**EXERCISE REQUIREMENTS:**
Would you reproduce exactly the lines below from the one holding "let changes = change_lines(alloc, program, state)?;" through the one holding "if let Some(checked)", inclusive, and no others?

++++ PROVIDED DATA ++++

//! Blocks, branches, phis and registers.
use crate::tables::first_difference;
use std::test::Fail;

const TABLE: &str = r#"; budget 22
; status 0
; out ABC
; report ended 3 steps 22
declare i32 @putchar(i32)
define i32 @main() {
entry:
  br label %head
head:
  %i = phi i32 [ 0, %entry ], [ %j, %body ]
  %c = icmp ult i32 %i, 3
  br i1 %c, label %body, label %done
body:
  %d = add i32 %i, 65
  %p = call i32 @putchar(i32 %d)
  %j = add i32 %i, 1
  br label %head
done:
  ret i32 %i
}
;;
; budget 99
; status 0
; report ended 21 steps 16
; two phis that exchange their values
define i32 @main() {
entry:
  br label %head
head:
  %a = phi i32 [ 1, %entry ], [ %b, %head ]
  %b = phi i32 [ 2, %entry ], [ %a, %head ]
  %n = phi i32 [ 0, %entry ], [ %m, %head ]
  %m = add i32 %n, 1
  %c = icmp ult i32 %m, 4
  br i1 %c, label %head, label %done
done:
  %r = mul i32 %a, 10
  %s = add i32 %r, %b
  ret i32 %s
}
;;
; budget 1000000
; status 2
; report spent 1000000
define i32 @main() {
  br label %again
again:
  br label %again
}
;;
; budget 9
; status 1
; report trapped unset-register @main:0 steps 1
define i32 @main() {
  %x = add i32 %x, 1
  ret i32 0
}
;;
; budget 9
; status 1
; report trapped unset-register @main:1 steps 2
define i32 @main() {
entry:
  %x = add i32 1, 2
  br label %head
head:
  %p = phi i32 [ %q, %entry ]
  %q = add i32 %p, 0
  ret i32 %q
}
;;
; budget 9
; status 1
; report trapped unset-register @main:2 steps 2
define i32 @main() {
entry:
  br label %head
head:
  %p = phi i32 [ 7, %entry ]
  %q = add i32 %p, %r
  %r = add i32 %q, 0
  ret i32 %r
}
;;
; budget 9
; status 0
; report ended 7 steps 2
define i32 @main() {
entry:
  br i1 1, label %end, label %end
end:
  %p = phi i32 [ 7, %entry ], [ 7, %entry ]
  ret i32 %p
}
;;
; budget 9
; status 0
; report ended 65 steps 3
; the low byte is printed and answered
declare i32 @putchar(i32)
define i32 @main() {
  %p = call i32 @putchar(i32 65857)
  call i32 @putchar(i32 577)
  ret i32 %p
}
; out AA
;;
; budget 99
; status 0
; report ended 12330 steps 26
; a switch with two values and its default
define i32 @main() {
entry:
  br label %head
head:
  %i = phi i32 [ 1, %entry ], [ %j, %next ]
  %s = phi i32 [ 0, %entry ], [ %t, %next ]
  switch i32 %i, label %other [ i32 1, label %one
    i32 2, label %two ]
one:
  br label %next
two:
  br label %next
other:
  br label %next
next:
  %d = phi i32 [ 1, %one ], [ 2, %two ], [ 3, %other ]
  %u = add i32 %s, %d
  %t = mul i32 %u, 10
  %j = add i32 %i, 1
  %c = icmp ult i32 %j, 4
  br i1 %c, label %head, label %last
last:
  br label %end
end:
  %v = add i32 %t, 3
  %w = mul i32 %v, 10
  ret i32 %w
}
;;
; budget 9
; status 1
; report trapped unreachable @main:0 steps 1
define i32 @main() {
  unreachable
}
;;
; budget 9
; status 0
; report ended 12 steps 3
define i32 @main() {
  %c = icmp ugt i8 200, 100
  %x = select i1 %c, i32 12, i32 34
  ret i32 %x
}
;;
; budget 9
; status 0
; report ended -1 steps 4
define i32 @main() {
  %a = trunc i32 255 to i8
  %b = sext i8 %a to i32
  %c = freeze i32 %b
  ret i32 %c
}
"#;

#[test]
fn control(rt: HostRuntime) -> Result<(), Fail> {
    match first_difference(rt.alloc(), TABLE)? {
        None => Ok(()),
        Some((told, wanted)) => {
            assert_eq!(rt; told.as_str(), wanted.as_str());
            Ok(())
        }
    }
}

/// As clang writes it without optimisation; the second with the words that it writes with optimisation and debug records.
const CLANG: &str = r#"; ModuleID = 'a.c'
; budget 10
; status 0
; report ended 0 steps 4
source_filename = "a.c"
target triple = "x86_64-unknown-linux-gnu"
; Function Attrs: noinline nounwind
define dso_local i32 @main() #0 {
  %1 = alloca i32, align 4
  store i32 0, ptr %1, align 4
  %2 = load i32, ptr %1, align 4
  ret i32 %2
}
attributes #0 = { noinline nounwind "frame-pointer"="all" }
!llvm.module.flags = !{!0}
!0 = !{i32 1, !"wchar_size", i32 4}
;;
; ModuleID = 'a.c'
; budget 10
; status 0
; report ended 0 steps 4
source_filename = "a.c"
target triple = "x86_64-unknown-linux-gnu"
; Function Attrs: noinline nounwind
define dso_local i32 @main() local_unnamed_addr #0 !dbg !0 {
  %1 = alloca i32, align 4
  store i32 0, ptr %1, align 4
  %2 = load i32, ptr %1, align 4
  ret i32 %2
}
attributes #0 = { noinline nounwind "frame-pointer"="all" }
!llvm.module.flags = !{!0}
!0 = !{i32 1, !"wchar_size", i32 4}
;;
; ModuleID = 'a.c'
; budget 10
source_filename = "a.c"
target triple = "x86_64-unknown-linux-gnu"
define dso_local i32 @main() #0 {
  %1 = alloca i32, align 4
  store i32 0, ptr %1, align 4
  %2 = ptrtoint ptr %1 to i64
  ret i32 %2
}
; status 3
; report refused module line 8 out-of-profile ptrtoint
"#;

#[test]
fn modules_of_clang(rt: HostRuntime) -> Result<(), Fail> {
    match first_difference(rt.alloc(), CLANG)? {
        None => Ok(()),
        Some((told, wanted)) => {
            assert_eq!(rt; told.as_str(), wanted.as_str());
            Ok(())
        }
    }
}
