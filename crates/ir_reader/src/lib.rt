//! Whole modules from their text.
#![tactic(auto)]

pub mod body;
pub mod function;
pub mod global;
pub mod item;
pub mod named;
pub mod names;
pub mod params;
pub mod place;
pub mod records;
pub mod scope;
pub mod skipped;
pub mod so_far;
pub mod whole;
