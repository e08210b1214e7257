//! Calls on states, at a header of `main` and at one of a callee.
ghost use Rattle.std.specs.Prelude.{IfOk};
ghost use Rattle.ir_code.specs.Coding.{code_of};
ghost use Rattle.seq_machine.specs.Step.{StateOf};

use checked_code::program::Program;
use int_num::int::Int;
use ir_rules::checked::Checked;
use machine_calls::change::{set_register, skip, unset_register};
use machine_calls::copy::{copy_frame, copy_state};
use machine_calls::place::{has_more, header_here, here, op_here};
use machine_calls::result::result_register;
use machine_calls::turn::{LoopBlocks, run_turn};
use mem_image::image::Image;
use plain_commands::loading::{Loaded, load};
use pv_base::list::List;
use pv_base::want::Memory;
use seq_effects::state::Value;
use seq_machine::state::{Header, State, Stop};
use seq_run::header::run_to_header;
use seq_run::headers::Headers;
use seq_run::start::start;
use std::alloc::Global;
use std::test::Fail;

const MODULE: &str = "define i32 @turns(i32 %a) {
entry:
  br label %turn
turn:
  %k = phi i32 [ 0, %entry ], [ %k2, %turn ]
  %k2 = add i32 %k, 1
  %c = icmp slt i32 %k2, %a
  br i1 %c, label %turn, label %out
out:
  ret i32 %k2
}
define i32 @main() {
entry:
  br label %head
head:
  %i = phi i32 [ 7, %entry ], [ %i2, %head ]
  %x = call i32 @turns(i32 3)
  %i2 = add i32 %i, %x
  %c = icmp slt i32 %i2, 10
  br i1 %c, label %head, label %done
done:
  ret i32 0
}
";

/// The headers of both loops, and one of them again.
const HEADERS: [Header; 3] = [
    Header {
        function: 1,
        block: 1,
    },
    Header {
        function: 0,
        block: 1,
    },
    Header {
        function: 1,
        block: 1,
    },
];

fn checked(alloc: Global) -> Result<Option<Checked>, Memory> {
    match load(alloc, MODULE.as_bytes())? {
        Loaded::Accepted(checked) => Ok(Some(checked)),
        Loaded::Refused(_) => Ok(None),
    }
}

/// Where the top frame stands and what its first register holds, the number of frames and of steps.
fn shown(alloc: Global, state: &State<Image>) -> Result<String, Memory> {
    let mut text = format!(in alloc; "{} frames, {} steps", state.frames.len(), state.steps)?;
    if let Some(frame) = state.frames.as_slice().last() {
        let frame = copy_frame(frame)?;
        text.push_str(format!(in alloc; ", place {}", frame.place)?.as_str())?;
        match frame.registers.get(0) {
            Some(Some(Value::Int(n))) => {
                text.push_str(format!(in alloc; ", register {}", n.bits())?.as_str())?;
            }
            _ => text.push_str(", no register")?,
        }
    }
    Ok(text)
}

/// What the calls say of a state.
fn place_line(
    alloc: Global,
    program: &Program,
    headers: &Headers,
    state: &State<Image>,
) -> Result<String, Memory>
    requires { StateOf (code_of program.now) state.now }
{
    let code = program.code();
    let site = here(code, state);
    let to = result_register(op_here(code, state));
    let header = header_here(code, headers, state);
    let more = has_more(code, state);
    Ok(format!(in alloc;
        "site {} {}, result {to:?}, header {header:?}, more {more}\n",
        site.function, site.place
    )?)
}

/// What the calls leave of a copy of the state, and the state itself.
fn change_lines(alloc: Global, program: &Program, state: &State<Image>) -> Result<String, Memory>
    requires { StateOf (code_of program.now) state.now }
{
    let code = program.code();
    let mut copy = copy_state(state)?;
    if has_more(code, state) && state.steps < 1000 {
        skip(code, &mut copy);
    }
    let skipped = shown(alloc, &copy)?;
    set_register(&mut copy, 0, Value::Int(Int::new(32, 42)));
    let set = shown(alloc, &copy)?;
    unset_register(&mut copy, 0);
    let unset = shown(alloc, &copy)?;
    let kept = shown(alloc, state)?;
    Ok(format!(in alloc; "skipped {skipped}\nset {set}\nunset {unset}\nkept {kept}\n")?)
}

const WANTED: &str = "AtHeader(0) site 1 2, result Some(1), header Some(0), more true
skipped 1 frames, 2 steps, place 2, register 7
set 1 frames, 2 steps, place 2, register 42
unset 1 frames, 2 steps, place 2, no register
kept 1 frames, 1 steps, place 1, register 7
turn Left, 1 frames, 16 steps, place 0, register 7
AtHeader(1) site 0 2, result Some(2), header Some(1), more true
skipped 2 frames, 4 steps, place 2, register 3
set 2 frames, 4 steps, place 2, register 42
unset 2 frames, 4 steps, place 2, no register
kept 2 frames, 3 steps, place 1, register 3
turn Arrived, 2 frames, 6 steps, place 1, register 3
";

/// How the turn of a loop of one block ends that begins at a copy of the state.
fn turn_line(
    alloc: Global,
    program: &Program,
    state: &State<Image>,
    header: Header,
) -> Result<String, Memory>
    requires { StateOf (code_of program.now) state.now }
{
    let blocks = List::from_slice(alloc, &[header.block])?;
    let of = LoopBlocks::new(alloc, program.code(), header, &blocks)?;
    let mut copy = copy_state(state)?;
    let end = run_turn(program, &mut copy, b"", 100, &of)?;
    let after = shown(alloc, &copy)?;
    Ok(format!(in alloc; "turn {end:?}, {after}\n")?)
}

/// The lines of the next header at which a run stands.
fn next_lines(
    alloc: Global,
    program: &Program,
    headers: &Headers,
    state: &mut State<Image>,
    header: Header,
) -> Result<String, Memory>
    requires { StateOf (code_of program.now) state.old }
    ensures { IfOk result (λ _. StateOf (code_of program.now) state.new) }
{
    let stop = run_to_header(program, state, b"", 100, headers)?;
    let place = place_line(alloc, program, headers, state)?;
    let changes = change_lines(alloc, program, state)?;
    let turn = turn_line(alloc, program, state, header)?;
    Ok(format!(in alloc; "{stop:?} {place}{changes}{turn}")?)
}

/// The lines of the first two headers at which a run stands.
fn lines(alloc: Global, program: &Program) -> Result<String, Memory> {
    let list = List::from_slice(alloc, &HEADERS)?;
    let headers = Headers::new(alloc, program.code(), &list)?;
    let mut state = start(program)?;
    let mut text = next_lines(alloc, program, &headers, &mut state, HEADERS[0])?;
    text.push_str(next_lines(alloc, program, &headers, &mut state, HEADERS[1])?.as_str())?;
    Ok(text)
}

#[test]
fn calls_on_states(rt: HostRuntime) -> Result<(), Fail> {
    let alloc = rt.alloc();
    if let Some(checked) = checked(alloc)? {
        let program = Program::new(alloc, checked)?;
        let text = lines(alloc, &program)?;
        assert_eq!(rt; text.as_str(), WANTED);
        let number = program.checked().module().functions().len();
        assert_eq!(rt; program.into_checked().module().functions().len(), number);
    } else {
        assert!(rt; false);
    }
    Ok(())
}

++++

**OUTPUT BELOW:**
    let changes = change_lines(alloc, program, state)?;
    let turn = turn_line(alloc, program, state, header)?;
    Ok(format!(in alloc; "{stop:?} {place}{changes}{turn}")?)
}

/// The lines of the first two headers at which a run stands.
fn lines(alloc: Global, program: &Program) -> Result<String, Memory> {
    let list = List::from_slice(alloc, &HEADERS)?;
    let headers = Headers::new(alloc, program.code(), &list)?;
    let mut state = start(program)?;
    let mut text = next_lines(alloc, program, &headers, &mut state, HEADERS[0])?;
    text.push_str(next_lines(alloc, program, &headers, &mut state, HEADERS[1])?.as_str())?;
    Ok(text)
}

#[test]
fn calls_on_states(rt: HostRuntime) -> Result<(), Fail> {
    let alloc = rt.alloc();
    if let Some(checked) = checked(alloc)? {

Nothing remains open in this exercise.